The modifications to the trial protocol introduce enhanced safeguards designed to bolster participant safety. These include the establishment of minimum ages for entry into the trial, alongside more clearly defined measures for discontinuing treatment should safety concerns arise. Specific areas of focus for these discontinuation criteria encompass bone health, cognitive function, and vaginal bleeding. Furthermore, the updated protocol provides more comprehensive information to participants regarding fertility preservation, a critical aspect of care for those undergoing such treatments.
During the scientific dialogue process, the MHRA sought independent expert advice from the Commission on Human Medicines. This consultation focused specifically on the safety of participants and the adequacy of the proposed strengthened safeguards within the trial. The sponsor also submitted the modified protocol to the relevant Research Ethics Committee, facilitated by the Health Research Authority, ensuring a thorough ethical review of the changes.

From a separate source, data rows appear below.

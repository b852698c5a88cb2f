//! What tables have.

ghost use Rattle.std.specs.Prelude.{◌≡◌, ◌++◌, false, None, drop, IfErr, IfOk, OnOk};
ghost use Rattle.std.specs.Option.{option_map};
ghost use Rattle.bw_rows.specs.Spelling as spelling;
ghost use Rattle.bw_rows.specs.Meaning.{chunks_of, or_nothing, table_in, value_of, joined};
ghost use Rattle.bw_rows.specs.Law.{head_at};
ghost use Rattle.bw_rows.specs.Laws.{IsLawful};
ghost use Rattle.bw_tables.specs.Writing.{named};
ghost use Rattle.bw_home.specs.Maps.{maps_of};
ghost use Rattle.bw_home.specs.Ready.{IsReady};
ghost use Rattle.bw_calls.specs.Lives.{Reads};
ghost use Rattle.bw_calls.specs.Standing.{plain_in, tables_in, waits};
ghost use Rattle.bw_calls.specs.Changes.{value_at};

use crate::fault::TableFault;
use crate::ways;
use bw_home::Home;
use bw_rows::limits::MAX_LEN;
use bw_rows::{
    Head, Name, Number, RowKey, TableNumber, chunk_count, chunk_key, name_key, row_key, stands_key,
};

/// The number of a table, in what stands at its name.
pub(crate) fn number_in(row: &[u8]) -> Result<TableNumber, TableFault>
    ensures number { IfOk result (λ table. table.bytes ≡ table_in row.now) }
    ensures before { IfErr result (λ fault. waits fault ≡ false) }
{
    match row {
        [high, low, ..] => Ok(TableNumber {
            bytes: [*high, *low],
        }),
        _ => Err(TableFault::NotTables),
    }
}

/// Refuses to go on if a batch stands: rows are not what counts then.
pub(crate) fn check(home: &mut Home) -> Result<(), TableFault>
    requires { IsReady home.old holding }
    ensures ready { IsReady home.new holding }
    ensures same { (maps_of home.new holding).put ≡ (maps_of home.old holding).put }
    ensures quiet { OnOk result (plain_in home.old holding spelling.stands_key ≡ None) }
    ensures before { IfErr result (λ fault. waits fault ≡ false) }
    ensures leaves { Reads home.old home.new holding }
{
    match ways::get(home, &stands_key())? {
        Some(_) => Err(TableFault::Unfinished),
        None => Ok(()),
    }
}

/// The number of a table; `None` if no table has this name. Refused `Unfinished` if a batch stands.
pub(crate) fn number_of(home: &mut Home, name: &Name) -> Result<Option<TableNumber>, TableFault>
    requires { IsReady home.old holding }
    ensures ready { IsReady home.new holding }
    ensures same { (maps_of home.new holding).put ≡ (maps_of home.old holding).put }
    ensures number { IfOk result (λ number. option_map (λ t. t.bytes) number
        ≡ option_map table_in (plain_in home.old holding (spelling.name_key name.now))) }
    ensures before { IfErr result (λ fault. waits fault ≡ false) }
    ensures quiet { OnOk result (plain_in home.old holding spelling.stands_key ≡ None) }
    ensures leaves { Reads home.old home.new holding }
{
    check(home)?;
    let Some(row) = ways::get(home, &name_key(name))? else {
        return Ok(None);
    };
    Ok(Some(number_in(row.as_slice())?))
}

/// What the row of a key names, if it names a long value.
pub(crate) fn head_of(
    home: &mut Home,
    table: TableNumber,
    key: &RowKey,
) -> Result<Option<Head>, TableFault>
    requires { IsReady home.old holding }
    ensures ready { IsReady home.new holding }
    ensures same { (maps_of home.new holding).put ≡ (maps_of home.old holding).put }
    ensures head { IfOk result (λ head. named head
        ≡ head_at (plain_in home.old holding) (spelling.row_place table.bytes key.now)) }
    ensures before { IfErr result (λ fault. waits fault ≡ false) }
    ensures leaves { Reads home.old home.new holding }
{
    match ways::get(home, &row_key(table, key))? {
        Some(row) => Ok(Head::read(row.as_slice())),
        None => Ok(None),
    }
}

// Adds a copy of these bytes.
fn add(value: &mut Vec<u8>, bytes: &[u8]) -> Result<(), TableFault>
    ensures added { OnOk result (value.new.items ≡ value.old.items ++ bytes.now) }
    ensures before { IfErr result (λ fault. waits fault ≡ false) }
{
    match value.extend_from_slice(bytes) {
        Ok(()) => Ok(()),
        Err(_) => Err(TableFault::NoMemory),
    }
}

// Adds a chunk, if it is there.
fn add_chunk(home: &mut Home, number: Number, i: u32, value: &mut Vec<u8>) -> Result<(), TableFault>
    requires { IsReady home.old holding }
    ensures ready { IsReady home.new holding }
    ensures same { (maps_of home.new holding).put ≡ (maps_of home.old holding).put }
    ensures added { OnOk result (value.new.items ≡ value.old.items
        ++ or_nothing (chunks_of (plain_in home.old holding) number.bytes i)) }
    ensures before { IfErr result (λ fault. waits fault ≡ false) }
    ensures leaves { Reads home.old home.new holding }
{
    match ways::get(home, &chunk_key(number, i))? {
        Some(chunk) => add(value, chunk.as_slice()),
        None => Ok(()),
    }
}

// The first chunks of a number, one after the other.
fn join(home: &mut Home, number: Number, count: u32) -> Result<Vec<u8>, TableFault>
    requires { IsReady home.old holding }
    ensures ready { IsReady home.new holding }
    ensures same { (maps_of home.new holding).put ≡ (maps_of home.old holding).put }
    ensures value { IfOk result (λ value. value.items
        ≡ joined (chunks_of (plain_in home.old holding) number.bytes) count) }
    ensures before { IfErr result (λ fault. waits fault ≡ false) }
    ensures leaves { Reads home.old home.new holding }
{
    let mut value = Vec::new(*home.feeds.allocator());
    'chunks: for i in 0..count {
        add_chunk(home, number, i, &mut value)?;
    }
    Ok(value)
}

// The value itself, in the row that has it.
fn itself(home: &Home, row: &[u8]) -> Result<Vec<u8>, TableFault>
    ensures value { IfOk result (λ value. value.items ≡ drop 1 row.now) }
    ensures before { IfErr result (λ fault. waits fault ≡ false) }
{
    let mut value = Vec::new(*home.feeds.allocator());
    match row {
        [_, rest @ ..] => add(&mut value, rest)?,
        [] => (),
    }
    Ok(value)
}

/// The value that a row stands for.
pub(crate) fn value_of(home: &mut Home, row: &[u8]) -> Result<Vec<u8>, TableFault>
    requires { IsReady home.old holding }
    ensures ready { IsReady home.new holding }
    ensures same { (maps_of home.new holding).put ≡ (maps_of home.old holding).put }
    ensures value { IfOk result (λ value. value.items
        ≡ value_of (plain_in home.old holding) row.now) }
    ensures before { IfErr result (λ fault. waits fault ≡ false) }
    ensures leaves { Reads home.old home.new holding }
{
    match Head::read(row) {
        None => itself(home, row),
        Some(head) if head.len <= MAX_LEN as u64 => {
            join(home, head.number, chunk_count(head.len) as u32)
        }
        Some(_) => Err(TableFault::NotTables),
    }
}

/// The value of a key of a table; `None` if the key has none, or no table has this name.
///
/// Refused `NotRead` as the store is, `NoMemory`, `NotTables` if the store has other pairs than
/// those of tables, and `Unfinished` if a batch stands that is not carried out.
pub fn get(home: &mut Home, name: &Name, key: &RowKey) -> Result<Option<Vec<u8>>, TableFault>
    requires { IsReady home.old holding }
    ensures ready { IsReady home.new holding }
    ensures same { (maps_of home.new holding).put ≡ (maps_of home.old holding).put }
    ensures value { IsLawful (plain_in home.old holding)
        → IfOk result (λ value. option_map (λ bytes. bytes.items) value
        ≡ value_at (tables_in home.old holding) name.now key.now) }
    ensures before { IfErr result (λ fault. waits fault ≡ false) }
    ensures quiet { OnOk result (plain_in home.old holding spelling.stands_key ≡ None) }
    ensures leaves { Reads home.old home.new holding }
{
    let Some(table) = number_of(home, name)? else {
        return Ok(None);
    };
    match ways::get(home, &row_key(table, key))? {
        Some(row) => Ok(Some(value_of(home, row.as_slice())?)),
        None => Ok(None),
    }
}
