// The first number from this one on that no name and no row has; after the last comes 0.
fn free_from(home: &mut Home, first: u16) -> Result<TableNumber, TableFault>
    requires { IsReady home.old holding }
    ensures ready { IsReady home.new holding }
    ensures same { (maps_of home.new holding).put ≡ (maps_of home.old holding).put }
    ensures free { IfOk result (λ table. IsNoTable (plain_in home.old holding) table.bytes
        × HasNoRow (plain_in home.old holding) table.bytes) }
    ensures before { IfErr result (λ fault. waits fault ≡ false) }
    ensures leaves { Reads home.old home.new holding }
{
    'numbers: for step in 0..MOST {
        let table = TableNumber {
            bytes: first.wrapping_add(step as u16).to_be_bytes(),
        };
        if is_free(home, table)? {
            return Ok(table);
        }
    }
    Err(TableFault::TooMany)
}

// A number that no name and no row has.
fn free_number(home: &mut Home) -> Result<TableNumber, TableFault>
    requires { IsReady home.old holding }
    ensures ready { IsReady home.new holding }
    ensures same { (maps_of home.new holding).put ≡ (maps_of home.old holding).put }
    ensures free { IfOk result (λ table. IsNoTable (plain_in home.old holding) table.bytes
        × HasNoRow (plain_in home.old holding) table.bytes) }
    ensures before { IfErr result (λ fault. waits fault ≡ false) }
    ensures leaves { Reads home.old home.new holding }
{
    let first = next_number(home)?;
    free_from(home, first)
}

// What stands at the mark of a folder with tables.
fn nothing() -> Value {
    match Value::new(&[]) {
        Ok(value) => value,
        Err(_) => unreachable!(),
    }
}

// Makes a table of a name that no table has.
fn create_new(home: &mut Home, name: &Name) -> Result<(), TableFault>
    requires { IsReady home.old holding }
    ensures ready { IsReady home.new holding }
    ensures created { IsLawful (plain_in home.old holding)
        → plain_in home.old holding (name_key name.now) ≡ None
        → OnOk result (IsTables
        (with_table (tables_in home.old holding) name.now (Some empty_table))
        (plain_in home.new holding)) }
    ensures refused { IsLawful (plain_in home.old holding)
        → plain_in home.old holding (name_key name.now) ≡ None
        → IfErr result (λ fault. IsLeftBy fault (tables_in home.old holding)
        (with_table (tables_in home.old holding) name.now (Some empty_table))
        (plain_in home.new holding)) }
    ensures leaves { IsLawful (plain_in home.old holding)
        → plain_in home.old holding (name_key name.now) ≡ None
        → Goes (tables_in home.old holding)
        (with_table (tables_in home.old holding) name.now (Some empty_table))
        home.old home.new holding }
{
    let table = free_number(home)?;
    ways::step(home, create_step(name, table, nothing()))
}

/// Makes a table with no key. It looks at all names, so it costs more the more tables there are.
///
/// Refused `Exists` if a table has this name, and `TooMany` if there are 65,536. Else as the store
/// is: `Waits` says that the change waits in the queue, and the tables have it; after any other the
/// tables are as they were.
pub fn create(home: &mut Home, name: &Name) -> Result<(), TableFault>
    requires { IsReady home.old holding }
    ensures ready { IsReady home.new holding }
    ensures created { IsLawful (plain_in home.old holding)
        → OnOk result (IsTables
        (with_table (tables_in home.old holding) name.now (Some empty_table))
        (plain_in home.new holding)) }
    ensures refused { IsLawful (plain_in home.old holding)
        → IfErr result (λ fault. IsLeftBy fault (tables_in home.old holding)
        (with_table (tables_in home.old holding) name.now (Some empty_table))
        (plain_in home.new holding)) }
    ensures quiet { OnOk result (plain_in home.old holding stands_key ≡ None) }
    ensures leaves { IsLawful (plain_in home.old holding)
        → Goes (tables_in home.old holding)
        (with_table (tables_in home.old holding) name.now (Some empty_table))
        home.old home.new holding }
{
    match number_of(home, name)? {
        Some(_) => Err(TableFault::Exists),
        None => create_new(home, name),
    }
}

// What a row named goes away, if it named anything.
fn collect_named(home: &mut Home, old: Option<Head>) -> Result<(), TableFault>
    requires { IsReady home.old holding }
    ensures ready { IsReady home.new holding }
    ensures stays { IsLawful (plain_in home.old holding)
        → IsTables (tables_in home.old holding) (plain_in home.new holding) }
    ensures marks { HasSameMarks (plain_in home.old holding) (plain_in home.new holding) }
    ensures before { IfErr result (λ fault. waits fault ≡ false) }
    ensures leaves { IsLawful (plain_in home.old holding)
        → Stays (tables_in home.old holding) home.old home.new holding }
{
    match old {
        Some(head) => collect(home, head.number),
        None => Ok(()),
    }
}

// The group that takes a row away, which no table has.
fn take_row(home: &mut Home, table: TableNumber, key: &RowKey) -> Result<Option<Head>, TableFault>
    requires { IsReady home.old holding }
    ensures ready { IsReady home.new holding }
    ensures stays { IsLawful (plain_in home.old holding)
        → IsNoTable (plain_in home.old holding) table.bytes
        → IsTables (tables_in home.old holding) (plain_in home.new holding) }
    ensures marks { HasSameMarks (plain_in home.old holding) (plain_in home.new holding) }
    ensures before { IfErr result (λ fault. waits fault ≡ false) }
    ensures leaves { IsLawful (plain_in home.old holding)
        → IsNoTable (plain_in home.old holding) table.bytes
        → Stays (tables_in home.old holding) home.old home.new holding }
{
    let old = head_of(home, table, key)?;
    ways::prepare(home, drop_row(table, key, old))?;
    Ok(old)
}

// A row that no table has goes away, and what it names.
fn drop_at(home: &mut Home, table: TableNumber, key: &RowKey) -> Result<(), TableFault>
    requires { IsReady home.old holding }
    ensures ready { IsReady home.new holding }
    ensures stays { IsLawful (plain_in home.old holding)
        → IsNoTable (plain_in home.old holding) table.bytes
        → IsTables (tables_in home.old holding) (plain_in home.new holding) }
    ensures marks { HasSameMarks (plain_in home.old holding) (plain_in home.new holding) }
    ensures before { IfErr result (λ fault. waits fault ≡ false) }
    ensures leaves { IsLawful (plain_in home.old holding)
        → IsNoTable (plain_in home.old holding) table.bytes
        → Stays (tables_in home.old holding) home.old home.new holding }
{
    let old = take_row(home, table, key)?;
    collect_named(home, old)
}

// The row of this key goes away.
fn drop_key(home: &mut Home, table: TableNumber, key: &Key) -> Result<(), TableFault>
    requires { IsReady home.old holding }
    ensures ready { IsReady home.new holding }
    ensures stays { IsLawful (plain_in home.old holding)
        → IsNoTable (plain_in home.old holding) table.bytes
        → IsTables (tables_in home.old holding) (plain_in home.new holding) }
    ensures marks { HasSameMarks (plain_in home.old holding) (plain_in home.new holding) }
    ensures before { IfErr result (λ fault. waits fault ≡ false) }
    ensures leaves { IsLawful (plain_in home.old holding)
        → IsNoTable (plain_in home.old holding) table.bytes
        → Stays (tables_in home.old holding) home.old home.new holding }
{
    let Some((_, bytes)) = read_row_key(key.as_slice()) else {
        return Err(TableFault::NotTables);
    };
    let Ok(key) = RowKey::new(bytes) else {
        return Err(TableFault::NotTables);
    };
    drop_at(home, table, &key)
}

// A number is gone no more, which no row has, or which a table has.
fn forget(home: &mut Home, table: TableNumber) -> Result<(), TableFault>
    requires { IsReady home.old holding }
    ensures ready { IsReady home.new holding }
    ensures stays { IsLawful (plain_in home.old holding)
        → HasNoRow (plain_in home.old holding) table.bytes
        ⊎ IsOfTable (plain_in home.old holding) table.bytes
        → IsTables (tables_in home.old holding) (plain_in home.new holding) }
    ensures asides { HasSameAsides (plain_in home.old holding) (plain_in home.new holding) }
    ensures before { IfErr result (λ fault. waits fault ≡ false) }
    ensures leaves { IsLawful (plain_in home.old holding)
        → HasNoRow (plain_in home.old holding) table.bytes
        ⊎ IsOfTable (plain_in home.old holding) table.bytes
        → Stays (tables_in home.old holding) home.old home.new holding }
{
    ways::prepare(home, Group::one(Record::Del(gone_key(table))))
}

// All rows of a number that no table has go away, and then it is gone no more.
fn clear_rows(home: &mut Home, table: TableNumber) -> Result<(), TableFault>
    requires { IsReady home.old holding }
    ensures ready { IsReady home.new holding }
    ensures stays { IsLawful (plain_in home.old holding)
        → IsNoTable (plain_in home.old holding) table.bytes
        → IsTables (tables_in home.old holding) (plain_in home.new holding) }
    ensures asides { OnOk result
        (HasSameAsides (plain_in home.old holding) (plain_in home.new holding)) }
    ensures before { IfErr result (λ fault. waits fault ≡ false) }
    ensures leaves { IsLawful (plain_in home.old holding)
        → IsNoTable (plain_in home.old holding) table.bytes
        → Stays (tables_in home.old holding) home.old home.new holding }
{
    let mut hint = front_of(table);
    'rows: for _ in 0..u64::MAX {
        match first_row(home, table, &hint)? {
            Some(key) => {
                drop_key(home, table, &key)?;
                hint = key;
            }
            None => return forget(home, table),
        }
    }
    Err(TableFault::NotTables)
}

// The rows of a number that is gone go away. If a table has the number all the same, it stays.
fn clear(home: &mut Home, table: TableNumber) -> Result<(), TableFault>
    requires { IsReady home.old holding }
    ensures ready { IsReady home.new holding }
    ensures stays { IsLawful (plain_in home.old holding)
        → IsTables (tables_in home.old holding) (plain_in home.new holding) }
    ensures asides { OnOk result
        (HasSameAsides (plain_in home.old holding) (plain_in home.new holding)) }
    ensures before { IfErr result (λ fault. waits fault ≡ false) }
    ensures leaves { IsLawful (plain_in home.old holding)
        → Stays (tables_in home.old holding) home.old home.new holding }
{
    if has_table(home, table)? {
        return forget(home, table);
    }
    clear_rows(home, table)
}

/// Drops a table. Its rows go away in the same call; what a refusal or a stop leaves of them an
/// opening drops.
///
/// Refused `NoTable`, and else as `create` is.
pub fn drop_table(home: &mut Home, name: &Name) -> Result<(), TableFault>
    requires { IsReady home.old holding }
    ensures ready { IsReady home.new holding }
    ensures dropped { IsLawful (plain_in home.old holding)
        → OnOk result (IsTables (with_table (tables_in home.old holding) name.now None)
        (plain_in home.new holding)) }
    ensures refused { IsLawful (plain_in home.old holding)
        → IfErr result (λ fault. IsLeftBy fault (tables_in home.old holding)
        (with_table (tables_in home.old holding) name.now None) (plain_in home.new holding)) }
    ensures quiet { OnOk result (plain_in home.old holding stands_key ≡ None) }
    ensures leaves { IsLawful (plain_in home.old holding)
        → Goes (tables_in home.old holding)
        (with_table (tables_in home.old holding) name.now None) home.old home.new holding }
{
    let Some(table) = number_of(home, name)? else {
        return Err(TableFault::NoTable);
    };
    match ways::step(home, drop_step(name, table)) {
        Ok(()) => {
            let _ = clear(home, table);
            Ok(())
        }
        Err(fault) => Err(fault),
    }
}
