//! The ways to a home on which all calls stand: a value is read, and a group is written.
//!
//! Each takes first what waits in the queue, so that what is read is all that was put.

ghost use Rattle.std.specs.Prelude.{◌≡◌, ◌⊎◌, ◌<◌, ◌≤◌, Some, false, cond, length, nat_eq, IfErr, IfOk, IfSome, IsTrue, OnOk};
ghost use Rattle.std.specs.List.{starts_with};
ghost use Rattle.bw_page.specs.Ahead.{IsFirst};
ghost use Rattle.bw_walks.specs.Back.{IsLastBelow};
ghost use Rattle.bw_rows.specs.Steps.{after};
ghost use Rattle.bw_home.specs.Maps.{maps_of};
ghost use Rattle.bw_home.specs.Ready.{IsReady};
ghost use Rattle.bw_calls.specs.Lives.{Reads, Writes};
ghost use Rattle.bw_calls.specs.Standing.{is_waiting, plain_in, waits};
ghost use Rattle.bw_calls.specs.Changes.{IsFirstOf};

use crate::fault::TableFault;
use bw::Walk;
use bw_codec::{Key, Value};
use bw_home::{Home, MapFault};
use bw_ring::Group;

// Takes what waits in the queue.
fn take(home: &mut Home) -> Result<(), TableFault>
    requires { IsReady home.old holding }
    ensures ready { IsReady home.new holding }
    ensures same { (maps_of home.new holding).put ≡ (maps_of home.old holding).put }
    ensures taken { OnOk result ((maps_of home.new holding).now ≡ (maps_of home.new holding).put) }
    ensures before { IfErr result (λ fault. waits fault ≡ false) }
    ensures leaves { Reads home.old home.new holding }
{
    if home.feeds.len() != 1 {
        return Err(TableFault::NotMade(MapFault::Writers));
    }
    match home.take_all() {
        Ok(_) => Ok(()),
        Err(cause) => Err(TableFault::NotRead(cause)),
    }
}

/// The value of a key of the store.
pub(crate) fn get(home: &mut Home, key: &Key) -> Result<Option<Value>, TableFault>
    requires { IsReady home.old holding }
    ensures ready { IsReady home.new holding }
    ensures same { (maps_of home.new holding).put ≡ (maps_of home.old holding).put }
    ensures value { IfOk result (λ value. value ≡ plain_in home.old holding key.now) }
    ensures before { IfErr result (λ fault. waits fault ≡ false) }
    ensures leaves { Reads home.old home.new holding }
{
    take(home)?;
    match home.get(key) {
        Ok(value) => Ok(value),
        Err(cause) => Err(TableFault::NotRead(cause)),
    }
}

// Why a step was refused, which may wait all the same.
fn step_fault(fault: MapFault) -> TableFault
    ensures { waits result ≡ is_waiting fault }
{
    match fault {
        MapFault::Waits(cause) => TableFault::Waits(cause),
        other => TableFault::NotMade(other),
    }
}

/// Writes a group, which is the step of a call.
pub(crate) fn step(home: &mut Home, group: Group) -> Result<(), TableFault>
    requires { IsReady home.old holding }
    ensures ready { IsReady home.new holding }
    ensures changed { OnOk result
        (plain_in home.new holding ≡ after (plain_in home.old holding) group) }
    ensures refused { IfErr result (λ fault. plain_in home.new holding
        ≡ cond (waits fault) (after (plain_in home.old holding) group)
        (plain_in home.old holding)) }
    ensures leaves { Writes (after (plain_in home.old holding) group)
        home.old home.new holding }
{
    match home.change(group) {
        Ok(()) => Ok(()),
        Err(fault) => Err(step_fault(fault)),
    }
}

/// Writes a group that is no call's step.
pub(crate) fn prepare(home: &mut Home, group: Group) -> Result<(), TableFault>
    requires { IsReady home.old holding }
    ensures ready { IsReady home.new holding }
    ensures changed { OnOk result
        (plain_in home.new holding ≡ after (plain_in home.old holding) group) }
    ensures refused { IfErr result (λ fault.
        (plain_in home.new holding ≡ plain_in home.old holding)
        ⊎ (plain_in home.new holding ≡ after (plain_in home.old holding) group)) }
    ensures before { IfErr result (λ fault. waits fault ≡ false) }
    ensures leaves { Writes (after (plain_in home.old holding) group)
        home.old home.new holding }
{
    match home.change(group) {
        Ok(()) => Ok(()),
        Err(fault) => Err(TableFault::NotMade(fault)),
    }
}

/// The first pair whose key begins with this one.
pub(crate) fn first(home: &mut Home, prefix: Key) -> Result<Option<(Key, Value)>, TableFault>
    requires { IsReady home.old holding }
    ensures ready { IsReady home.new holding }
    ensures same { (maps_of home.new holding).put ≡ (maps_of home.old holding).put }
    ensures value { IfOk result (λ pair. IsFirstOf (plain_in home.old holding) prefix pair) }
    ensures before { IfErr result (λ fault. waits fault ≡ false) }
    ensures leaves { Reads home.old home.new holding }
{
    take(home)?;
    let mut walk = Walk::over(prefix);
    match walk.next(home) {
        Ok(pair) => Ok(pair),
        Err(cause) => Err(TableFault::NotRead(cause)),
    }
}

// A pair, if its key begins with this one.
fn within(pair: Option<(Key, Value)>, prefix: &Key) -> Option<(Key, Value)>
    ensures { IfSome result (λ its. (pair ≡ Some its)
        × IsTrue (starts_with nat_eq its.0 prefix.now)) }
{
    let (key, value) = pair?;
    if key.as_slice().starts_with(prefix.as_slice()) {
        Some((key, value))
    } else {
        None
    }
}

/// A pair whose key begins with this one, if there is any: the first at or above the hint, or else
/// the first of all. What was deleted leaves empty pages, over which a look from the beginning goes
/// each time.
pub(crate) fn some_of(
    home: &mut Home,
    prefix: Key,
    hint: &Key,
) -> Result<Option<(Key, Value)>, TableFault>
    requires { IsReady home.old holding }
    ensures ready { IsReady home.new holding }
    ensures same { (maps_of home.new holding).put ≡ (maps_of home.old holding).put }
    ensures value { IfOk result (λ pair. IsFirstOf (plain_in home.old holding) prefix pair) }
    ensures before { IfErr result (λ fault. waits fault ≡ false) }
    ensures leaves { Reads home.old home.new holding }
{
    let pair = from(home, hint)?;
    match within(pair, &prefix) {
        Some(pair) => Ok(Some(pair)),
        None => first(home, prefix),
    }
}

/// The first pair whose key is at or above this one.
pub(crate) fn from(home: &mut Home, key: &Key) -> Result<Option<(Key, Value)>, TableFault>
    requires { IsReady home.old holding }
    ensures ready { IsReady home.new holding }
    ensures same { (maps_of home.new holding).put ≡ (maps_of home.old holding).put }
    ensures value { IfOk result (λ pair. IsFirst (maps_of home.old holding).put key.now pair) }
    ensures before { IfErr result (λ fault. waits fault ≡ false) }
    ensures leaves { Reads home.old home.new holding }
{
    take(home)?;
    match home.next_at(key) {
        Ok(pair) => Ok(pair),
        Err(cause) => Err(TableFault::NotRead(cause)),
    }
}

/// The last pair whose key is below this one.
pub(crate) fn below(home: &mut Home, key: &Key) -> Result<Option<(Key, Value)>, TableFault>
    requires { IsReady home.old holding }
    ensures ready { IsReady home.new holding }
    ensures same { (maps_of home.new holding).put ≡ (maps_of home.old holding).put }
    ensures value { IfOk result (λ pair.
        IsLastBelow (maps_of home.old holding).put key.now pair) }
    ensures before { IfErr result (λ fault. waits fault ≡ false) }
    ensures leaves { Reads home.old home.new holding }
{
    take(home)?;
    match home.prev_below(key) {
        Ok(pair) => Ok(pair),
        Err(cause) => Err(TableFault::NotRead(cause)),
    }
}

/// The key of these bytes.
pub(crate) fn key_of(bytes: &[u8]) -> Key
    requires some { 0 < length bytes.now }
    requires few { length bytes.now ≤ 128 }
    ensures { result ≡ bytes.now }
{
    match Key::new(bytes) {
        Ok(key) => key,
        Err(_) => unreachable!(),
    }
}
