ghost use Rattle.std.specs.Prelude.{ℕ, ◌≡◌, ◌==◌, ◌<◌, ◌≤◌, ◌+◌, ◌-◌, ◌^◌, [], ◌∷◌, length, nat_lt, true, false, Some, None, is_some, if◌then◌else◌, IfSome, IfOk, OnOk, OnErr, IsTrue};
ghost use Rattle.std.specs.Option.{option_copied};
ghost use Rattle.std.specs.FinMap as finite;
ghost use Rattle.std.specs.FinMap.Entries.{find};
ghost use Rattle.bw_record.specs.Keys.{ascends};
ghost use Rattle.bw_codec.specs.Grammar.{block_bytes};
ghost use Rattle.bw_record.specs.Record.{key_of};
ghost use Rattle.bw_record.specs.declared.block.Block.TheVariants.{Base};
ghost use Rattle.bw_leaf.specs.Changed.{order, empty_leaf, changed_map};
ghost use Rattle.bw_page.specs.Leaves.{home, leaf_at, directed_at, result_of, AreLeaves, union};
ghost use Rattle.bw_page.specs.Shown.{TakesKey, IsSpent, after_record, is_evicted_page, leaf_here, IsHere, applied_by};
ghost use Rattle.bw_page.specs.Aim.{IsAim, IsFound};
ghost use Rattle.bw_page.specs.Seats.{numbers_from};
ghost use Rattle.bw_page.specs.Journal.{displaced_by};
ghost use Rattle.bw_leaf.specs.Seek.{back_of};
ghost use Rattle.bw_page.specs.Ahead.{HasCome, HasNoLowAbove, IsNextLow};

mod ahead;
mod batch;
mod hinted;
mod walk;

use crate::fault::ApplyError;
use crate::gap::{Gap, grow, pass, past};
use crate::index::{copy_all, index_of, index_of_found};
use crate::journal::Displaced;
use crate::seats::Seats;
use crate::splits::split_one;
pub use batch::{HasRecord, Step};
use bw_codec::{Key, Leaf, Packed, Record, Value};
use bw_leaf::{HollowPage, count_found, count_packed, empty_page, find_key};
use bw_lows::LowIndex;
use std::alloc::{AllocError, Global};
use std::marker::Model;

/// What a record did to the pages.
#[derive(Debug, Drop, PartialEq, Eq)]
pub struct Applied {
    /// The page at which it was directed.
    pub page: u32,
    /// The page that it made, if that one was split in two.
    pub made: Option<u32>,
}

/// The leaves of all pages, with at most `m` pairs each.
#[derive(Drop)]
pub struct Leaves {
    /// The most pairs that a page holds.
    m: u16,
    /// Page n at index n - 1.
    leaves: Seats,
    /// The page of each low key but the empty one, which is that of page 1.
    index: LowIndex,
    /// Keys between which no page has a pair, if a walk has passed by such pages.
    gap: Option<Gap>,
}

impl Model for Leaves {
    ghost use Rattle.bw_page.specs.Shown.{Shown};

    ghost Value = { Shown };

    ghost use Rattle.bw_page.specs.Index.{view_of, IsIndexed};

    ghost view = { view_of };

    ghost invariant = { IsIndexed };
}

The PATHWAYS clinical trial is a significant UK-wide study designed to gather evidence on how the timing of puberty-suppressing medication affects a range of outcomes. These include quality of life, mental health, physical development, cognitive function, and the level of gender-related distress experienced by participants. The overarching goal is to contribute to a more robust understanding of the impacts of these interventions.
Despite these approvals, recruitment for the PATHWAYS clinical trial is not expected to commence until 1 August 2026. This delay is attributed to ongoing legal proceedings, which have paused the start date for participant enrolment. This timeline allows for further preparation and resolution of external factors before the trial can actively begin to gather data.